- Conference: New England Conference
- Record: 5–10 (1–2 NEC)
- Head coach: John J. Heldman, Jr. (3rd season);
- Home arena: Hawley Armory

= 1933–34 Connecticut Aggies men's basketball team =

American college basketball season

The 1933–34 Connecticut Aggies men's basketball team represented Connecticut State College, now the University of Connecticut, in the 1933–34 collegiate men's basketball season. The Aggies completed the season with a 5–10 overall record. The Aggies were members of the New England Conference, where they ended the season with a 1–2 record. The Aggies played their home games at Hawley Armory in Storrs, Connecticut, and were led by third-year head coach John J. Heldman, Jr.
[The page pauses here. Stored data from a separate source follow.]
impl Tables {
    /// No table. What grows later takes its memory from `alloc`.
    pub fn new(alloc: Global) -> Tables
        ensures { (n : ℕ) → slot_of result n ≡ None }
    {
        Tables {
            alloc,
            slots: Vec::new(alloc),
            vacant: Vec::new(alloc),
        }
    }

    /// Does nothing, and its contract says that each row of each table has a value for each id of the table's type.
    pub fn rows_have_ids(&self)
        ensures { AllHaveIds self.now }
    {
        let _slots = &self.slots;
    }

    /// Does nothing, and its contract says that the ids of each table's type ascend, each once.
    pub fn types_ascend(&self)
        ensures { AllAscend self.now }
    {
        let _slots = &self.slots;
    }

    /// A new table without rows, in a slot that was empty; the answer is the slot. An `Err` comes where memory is refused
    /// and changes nothing.
    pub fn insert(&mut self, type_list: TypeList, widths: &[u8]) -> Result<TableSlot, AllocError>
        requires lengths { length type_list ≡ length widths.now }
        requires widths { All (λ w. w ≤ FIELD_COUNT) widths.now }
        ensures vacant { IfOk result (λ n. slot_of self.old n ≡ None) }
        ensures sets { IfOk result (λ n. SetsSlot self.old self.new n
            (Some (empty_table type_list widths.now))) }
        ensures err { OnErr result (self.new ≡ self.old) }
    {
        let table = Table::new(self.alloc, type_list, widths)?;
        match self.vacant.pop() {
            Some(slot) => {
                self.slots[slot] = Some(table);
                Ok(slot)
            }
            None => self.insert_last(table),
        }
    }

    // The table in a slot of its own, where none is vacant.
    fn insert_last(&mut self, table: Table) -> Result<TableSlot, AllocError>
        requires full { count_by is_some self.old ≡ length self.old }
        requires rows { RowsHaveIds table }
        requires ascends { TypeAscends table }
        ensures vacant { IfOk result (λ n. slot_of self.old n ≡ None) }
        ensures sets { IfOk result (λ n. SetsSlot self.old self.new n (Some table)) }
        ensures err { OnErr result (self.new ≡ self.old) }
    {
        let slot = self.slots.len();
        self.slots.reserve(1)?;
        self.vacant.reserve(slot + 1)?;
        self.slots.push_reserved(Some(table));
        Ok(slot)
    }

    /// How many slots there are, with a table or without.
    pub fn slot_count(&self) -> usize
        ensures { result ≡ length self.now }
    {
        self.slots.len()
    }

    /// The table in a slot, if there is one.
    pub fn get(&self, slot: TableSlot) -> Option<&Table>
        ensures { option_copied result ≡ slot_of self.now slot }
    {
        match self.slots.get(slot) {
            Some(Some(table)) => Some(table),
            _ => None,
        }
    }

    /// The table in a slot that has one.
    #[inline]
    pub fn table(&self, slot: TableSlot) -> &Table
        requires { IsSome (slot_of self.now slot) }
        ensures { slot_of self.now slot ≡ Some result.now }
    {
        there_for_sure(&self.slots[slot])
    }

    /// The slot has a table.
    pub fn contains(&self, slot: TableSlot) -> bool
        ensures { result ≡ is_some (slot_of self.now slot) }
    {
        self.get(slot).is_some()
    }

    /// How many rows a table has, 0 where the slot is empty.
    pub fn row_count(&self, slot: TableSlot) -> usize
        ensures { result ≡ length (table_in self.now slot).rows }
    {
        match self.get(slot) {
            Some(table) => table.row_count(),
            None => 0,
        }
    }

    /// The slot has a table without rows.
    pub fn is_rowless(&self, slot: TableSlot) -> bool
        ensures { result ≡ is_some (rowless_type (slot_of self.now slot)) }
    {
        match self.get(slot) {
            Some(table) => is_rowless(table),
            None => false,
        }
    }

    /// Drops the table in a slot if it has no rows, and answers its type. Any other slot stays as it is.
    pub fn drop_empty(&mut self, slot: TableSlot) -> Option<TypeList>
        ensures answer { result ≡ rowless_type (slot_of self.old slot) }
        ensures dropped { OnSome result (SetsSlot self.old self.new slot None) }
        ensures kept { IfNone result (self.new ≡ self.old) }
    {
        if !self.is_rowless(slot) {
            return None;
        }
        let table = self.slots[slot].take()?;
        self.vacant.push_reserved(slot);
        Some(table.into_type_list())
    }

    /// How many tables there are.
    pub fn len(&self) -> usize
        ensures { result ≡ count_by is_some self.now }
    {
        self.slots.len() - self.vacant.len()
    }

    /// The slots in their order, each with its table if there is one.
    pub fn iter(&self) -> slice::Iter<'_, Option<Table>>
        ensures { iter_rest result ≡ self.now }
    {
        self.slots.iter()
    }

    /// Room for more rows in a table. An `Err` keeps all rows and the room that was there.
    pub fn reserve_rows(&mut self, slot: TableSlot, more: usize) -> Result<(), AllocError>
        requires { IsSome (slot_of self.old slot) }
        ensures sets { SetsRoom self.old self.new slot }
        ensures kept { (table_in self.old slot).room ≤ (table_in self.new slot).room }
        ensures room { OnOk result (more ≤ (table_in self.new slot).room) }
        ensures err { OnErr result ((table_in self.new slot).room ≡ (table_in self.old slot).room) }
        ensures ready { more ≤ (table_in self.old slot).room → IsOk result }
    {
        table_mut(&mut self.slots, slot).reserve(more)
    }

    /// Room for so many rows more than a table had room for, and for no more than that. An `Err` keeps all rows and the room
    /// that was there.
    pub fn reserve_more(&mut self, slot: TableSlot, more: usize) -> Result<(), AllocError>
        requires { IsSome (slot_of self.old slot) }
        ensures sets { SetsRoom self.old self.new slot }
        ensures kept { (table_in self.old slot).room ≤ (table_in self.new slot).room }
        ensures room { OnOk result ((table_in self.new slot).room ≡ (table_in self.old slot).room + more) }
        ensures err { OnErr result ((table_in self.new slot).room ≡ (table_in self.old slot).room) }
        ensures ready { more ≡ 0 → IsOk result }
    {
        table_mut(&mut self.slots, slot).reserve_more(more)
    }

    /// Takes the promise of room in a table back. Its memory stays.
    pub fn waive(&mut self, slot: TableSlot)
        requires { IsSome (slot_of self.old slot) }
        ensures { SetsSlot self.old self.new slot (Some (with_room (table_in self.old slot) 0)) }
    {
        table_mut(&mut self.slots, slot).waive();
    }

    /// Gives up the room in a table but for so many more rows. The memory of the rest goes back, where the allocator takes it.
    pub fn shrink(&mut self, slot: TableSlot, room: usize)
        requires there { IsSome (slot_of self.old slot) }
        requires room { room ≤ (table_in self.old slot).room }
        ensures { SetsSlot self.old self.new slot (Some (with_room (table_in self.old slot) room)) }
    {
        table_mut(&mut self.slots, slot).shrink(room);
    }

    /// Writes the value of an id in a row, and takes no memory. The answer is whether the table's type has the id; where it
    /// lacks it nothing is written. The id's column is looked for at the place `near` first, where it is remembered.
    #[inline(always)]
    pub fn set_value(
        &mut self,
        slot: TableSlot,
        row: usize,
        id: Id,
        value: Value,
        near: &mut usize,
    ) -> bool
        requires row { row < length (table_in self.old slot).rows }
        requires fits { FitsId (table_in self.old slot) id value }
        ensures written { SetsSlot self.old self.new slot
            (Some (with_written (table_in self.old slot) row id value)) }
        ensures had { result ≡ is_some (find id_cmp id (row_in self.old slot row).held) }
    {
        table_mut(&mut self.slots, slot).set_value(row, id, value, near)
    }

    /// Writes values of an id in rows one behind the other, from this one on: of the sets, each of an entity and the first fields of
    /// its value, as many as are of the entities of these rows, at indices no lower than the least, with zeros past so many fields.
    /// It takes no memory. The answer is how many are written; none where no fields of the id are kept.
    #[inline]
    pub fn set_rows<const N: usize>(
        &mut self,
        slot: TableSlot,
        row: usize,
        id: Id,
        sets: &[(Entity, [i64; N])],
        arity: u8,
        least: u32,
    ) -> usize
        requires few { N ≤ FIELD_COUNT }
        requires row { row < length (table_in self.old slot).rows }
        requires fits { (v : Values) → length v.0 ≡ FIELD_COUNT → IsTrue (is_zero_past arity v)
            → FitsId (table_in self.old slot) id v }
        ensures written { SetsSlot self.old self.new slot
            (Some (table_with_run (table_in self.old slot) row id (run_values (take result sets.now)))) }
        ensures run { IsRunOf (drop row (entities_of (table_in self.old slot).rows)) arity least
            (take result sets.now) }
        ensures within { result ≤ length sets.now }
        ensures long { All (λ s. length s.1 ≡ N) (take result sets.now) }
        ensures had { 0 < result → IsTrue (has_item id_cmp (table_in self.old slot).ids id) }
        ensures longest { IsTrue (has_item id_cmp (table_in self.old slot).ids id)
            → StoresFields (table_in self.old slot) id
            → IsLongestRun (drop row (entities_of (table_in self.old slot).rows)) arity least sets.now result }
    {
        table_mut(&mut self.slots, slot).set_rows(row, id, sets, arity, least)
    }

    /// A row for a new entity, with zeros, in room that was reserved.
    pub fn push_row(&mut self, slot: TableSlot, entity: Entity)
        requires { 0 < (table_in self.old slot).room }
        ensures { SetsSlot self.old self.new slot
            (Some (with_row (table_in self.old slot) (new_row entity))) }
    {
        table_mut(&mut self.slots, slot).push_row(entity);
    }

    /// Takes a row out, and takes no memory. The answer is the entity that stands in its place now: none where the row was
    /// the last.
    pub fn swap_out(&mut self, slot: TableSlot, row: usize) -> Option<Entity>
        requires { row < length (table_in self.old slot).rows }
        ensures rows { SetsSlot self.old self.new slot (Some (without_row (table_in self.old slot) row)) }
        ensures moved { result ≡ slice_get (entities_of (table_in self.new slot).rows) row }
    {
        table_mut(&mut self.slots, slot).swap_out(row)
    }

    /// All rows of a table go, and their room is won. The table stays, and so does its memory. It takes no memory.
    pub fn clear(&mut self, slot: TableSlot)
        requires { IsSome (slot_of self.old slot) }
        ensures { SetsSlot self.old self.new slot (Some (cleared (table_in self.old slot))) }
    {
        table_mut(&mut self.slots, slot).clear();
    }

    /// Moves a row into room that was reserved in another table, where it is the last row. Values of ids that both types
    /// have, which are as wide in both, stay, and new ids hold zeros. It takes no memory and cannot fail. The answer is the
    /// entity that stands in the hole now: none where the row was the last.
    pub fn move_row(&mut self, from: TableSlot, row: usize, to: TableSlot) -> Option<Entity>
        requires apart { from ≢ to }
        requires row { row < length (table_in self.old from).rows }
        requires room { 0 < (table_in self.old to).room }
        requires widths { Agree (table_in self.old to) (table_in self.old from) }
        ensures moves { Moves self.old self.new from row to }
        ensures moved { result ≡ slice_get (entities_of (table_in self.new from).rows) row }
    {
        let (source, target) = two_mut(self.slots.as_mut_slice(), from, to);
        move_between(source, row, target)
    }

    /// Moves all rows of a table, in their order, to the end of another, into room that was reserved. Values of ids that both
    /// types have, which are as wide in both, stay, and new ids hold zeros. It takes no memory and cannot fail.
    pub fn move_rows(&mut self, from: TableSlot, to: TableSlot)
        requires apart { from ≢ to }
        requires source { IsSome (slot_of self.old from) }
        requires target { IsSome (slot_of self.old to) }
        requires room { length (table_in self.old from).rows ≤ (table_in self.old to).room }
        requires widths { Agree (table_in self.old to) (table_in self.old from) }
        ensures { MovesAll self.old self.new from to }
    {
        let (source, target) = two_mut(self.slots.as_mut_slice(), from, to);
        move_all_between(source, target);
    }
}
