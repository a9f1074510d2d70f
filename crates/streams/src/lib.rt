// The stream table: which request streams are open, and which of them have semantics for datagrams.
#![tactic(auto)]

pub mod table;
The season was marred by a racist incident targeting sophomore player Harrison Fitch during an away game against the US Coast Guard Academy in New London on January 27, 1934.

==Schedule ==

| Date time, TV | Rank^{#} | Opponent^{#} | Result | Record | Site (attendance) city, state |
Regular Season
| * |  | Alumni | W 40–30 | 1–0 |  |
| * |  | Wesleyan | L 21–28 | 1–1 |  |
| * |  | Worcester Polytech | L 35–41 | 1–2 |  |
| * |  | Massachusetts | L 31–37 | 1–3 |  |
| * |  | Clark | W 44–26 | 2–3 |  |
| * |  | Brown | L 30–40 | 2–4 |  |
| * |  | Coast Guard | W 31–29 | 3–4 |  |
| * |  | Boston University | L 33–37 | 3–5 |  |
|  |  | New Hampshire | W 21–20 | 4–5 (1–0) |  |
| * |  | Trinity | L 15–31 | 4–6 |  |
|  |  | Rhode Island | L 26–50 | 4–7 (1–1) |  |
| * |  | Trinity | L 21–28 | 4–8 |  |
| * |  | Norwich University | W 32–27 | 5–8 |  |
| * |  | Springfield | L 40–46 | 5–9 |  |
|  |  | Rhode Island | L 38–44 | 5–10 (1–2) |  |
*Non-conference game. ^{#}Rankings from AP Poll. (#) Tournament seedings in parentheses. All times are in Eastern Time.